REQUIREMENT. Everything from the line containing "that it is of." to the last line of the entries must be reproduced exactly, and nothing outside that range.

RECORDS TO PROCESS.
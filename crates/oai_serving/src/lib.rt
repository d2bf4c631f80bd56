//! Many connections at once on one thread, each with bounded memory.
#![tactic(auto)]

mod faults;
mod laws;
mod links;
mod listeners;
mod phases;
mod servers;
mod sockets;
mod tables;
mod volatile;

pub use faults::ServeFault;
pub use laws::begin_law;
pub use links::{Link, READ_BYTES};
pub use listeners::{Listener, Socket};
pub use servers::Server;
pub use sockets::{Readiness, Sockets, Stream};
pub use tables::MAX_LINKS;
pub use volatile::Volatile;
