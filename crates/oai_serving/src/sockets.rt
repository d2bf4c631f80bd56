//! Where connections come from, and what they are read from and written to.
ghost use Rattle.std.specs.Prelude.{ℕ, List, [], ◌∷◌, Option, None};
ghost use Rattle.oai_serving.specs.Accepted.{Accepts, IsAcceptance, LetsGo};
ghost use Rattle.std.specs.Io.{ReadsAtMost, WritesAtMost};
ghost use Rattle.std.specs.Io.KnownBytes.{Keeps, ReadConsumes, WriteAppends};

use std::io;
use std::time::Duration;

/// A non-blocking stream: reads and writes return `WouldBlock` instead of waiting.
pub trait Stream {
    /// The bytes that were written to it, if they are known.
    ghost contents: { Self → Option (List ℕ) } = { λ _. None };

    /// The bytes that remain to be read from it, if they are known.
    ghost remaining: { Self → Option (List ℕ) } = { λ _. None };

    /// Reads once into the buffer, and returns how many bytes came; 0 only at the end, or if the buffer is empty. After
    /// an error nothing was read.
    fn read(&mut self, buffer: &mut [u8]) -> io::Result<usize>
        ensures bound { ReadsAtMost result buffer.new }
        ensures bytes { ReadConsumes (remaining self.old) (remaining self.new) result buffer.new }
        ensures kept { Keeps (contents self.old) (contents self.new) };

    /// Writes once, and returns how many of the bytes were taken. After an error none was.
    fn write(&mut self, bytes: &[u8]) -> io::Result<usize>
        ensures bound { WritesAtMost result bytes.now }
        ensures bytes { WriteAppends (contents self.old) (contents self.new) result bytes.now }
        ensures kept { Keeps (remaining self.old) (remaining self.new) };

    /// Shuts it down for writing, so that the peer reads the end; what it sends can still be read.
    fn finish(&mut self)
        ensures contents { Keeps (contents self.old) (contents self.new) }
        ensures remaining { Keeps (remaining self.old) (remaining self.new) };
}

/// A readiness of a wait.
#[derive(Clone, Copy, Debug, PartialEq, Eq)]
pub enum Readiness {
    /// Connections may wait to be accepted.
    Listener,
    /// The stream that is watched under the key can be read, or written, or its peer ended.
    Stream {
        /// The key.
        key: usize,
        /// It can be read.
        readable: bool,
        /// It can be written.
        writable: bool,
        /// The peer writes no more.
        ended: bool,
    },
}

/// A listener, and the readiness of the streams that were accepted. A report may be spurious, or of a stream that was
/// closed; and a change is reported once.
pub trait Sockets<S: Stream> {
    /// The streams that were accepted, in order, in their state then, if they are known.
    ghost accepted: { Self → Option (List S) } = { λ _. None };

    /// The closed streams, in order, in their state then, each with its number, if they are known.
    ghost gone: { Self → Option (List (ℕ × S)) } = { λ _. None };

    /// Waits until something becomes ready, at most that long, and returns how many readinesses there are.
    fn wait(&mut self, most: Duration) -> io::Result<usize>
        ensures accepted { Accepts (accepted self.old) (accepted self.new) [] }
        ensures gone { LetsGo (gone self.old) (gone self.new) [] };

    /// The readiness at that position of the last wait.
    fn ready(&self, at: usize) -> Option<Readiness>;

    /// The next connection; None if none waits.
    fn accept(&mut self) -> io::Result<Option<S>>
        ensures accepted { IsAcceptance (accepted self.old) result (accepted self.new) }
        ensures gone { LetsGo (gone self.old) (gone self.new) [] };

    /// Has each wait report changes of the stream under the key, for as long as it lives.
    fn watch(&mut self, stream: &mut S, key: usize) -> io::Result<()>
        ensures contents { Keeps (S.contents stream.old) (S.contents stream.new) }
        ensures remaining { Keeps (S.remaining stream.old) (S.remaining stream.new) }
        ensures accepted { Accepts (accepted self.old) (accepted self.new) [] }
        ensures gone { LetsGo (gone self.old) (gone self.new) [] };

    /// Takes a stream whose connection is over, with its number, and drops it.
    fn let_go(&mut self, number: u64, stream: S)
        ensures accepted { Accepts (accepted self.old) (accepted self.new) [] }
        ensures gone { LetsGo (gone self.old) (gone self.new) ((number, stream) ∷ []) };
}
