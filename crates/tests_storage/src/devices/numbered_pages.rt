//! Pages that differ in their numbers.
use crate::assertions::assert_same;
use oai_device::{PAGE_BYTES, Page};
use std::process::Abort;

/// A page of its own for each number.
pub(crate) fn page_of(number: u16) -> Page {
    let [high, low] = number.to_be_bytes();
    let mut page = [low; PAGE_BYTES];
    page[0] = high;
    page
}

/// Fails the test where the page is not that of the number, and shows the number that it is of.
pub(crate) fn assert_page(rt: &impl Abort, found: &Page, number: u16) {
    assert_same(rt, u16::from_be_bytes([found[0], found[1]]), number);
    assert!(rt; *found == page_of(number));
}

EXERCISE RESULT.
/// Fails the test where the page is not that of the number, and shows the number that it is of.
pub(crate) fn assert_page(rt: &impl Abort, found: &Page, number: u16) {
    assert_same(rt, u16::from_be_bytes([found[0], found[1]]), number);
    assert!(rt; *found == page_of(number));
}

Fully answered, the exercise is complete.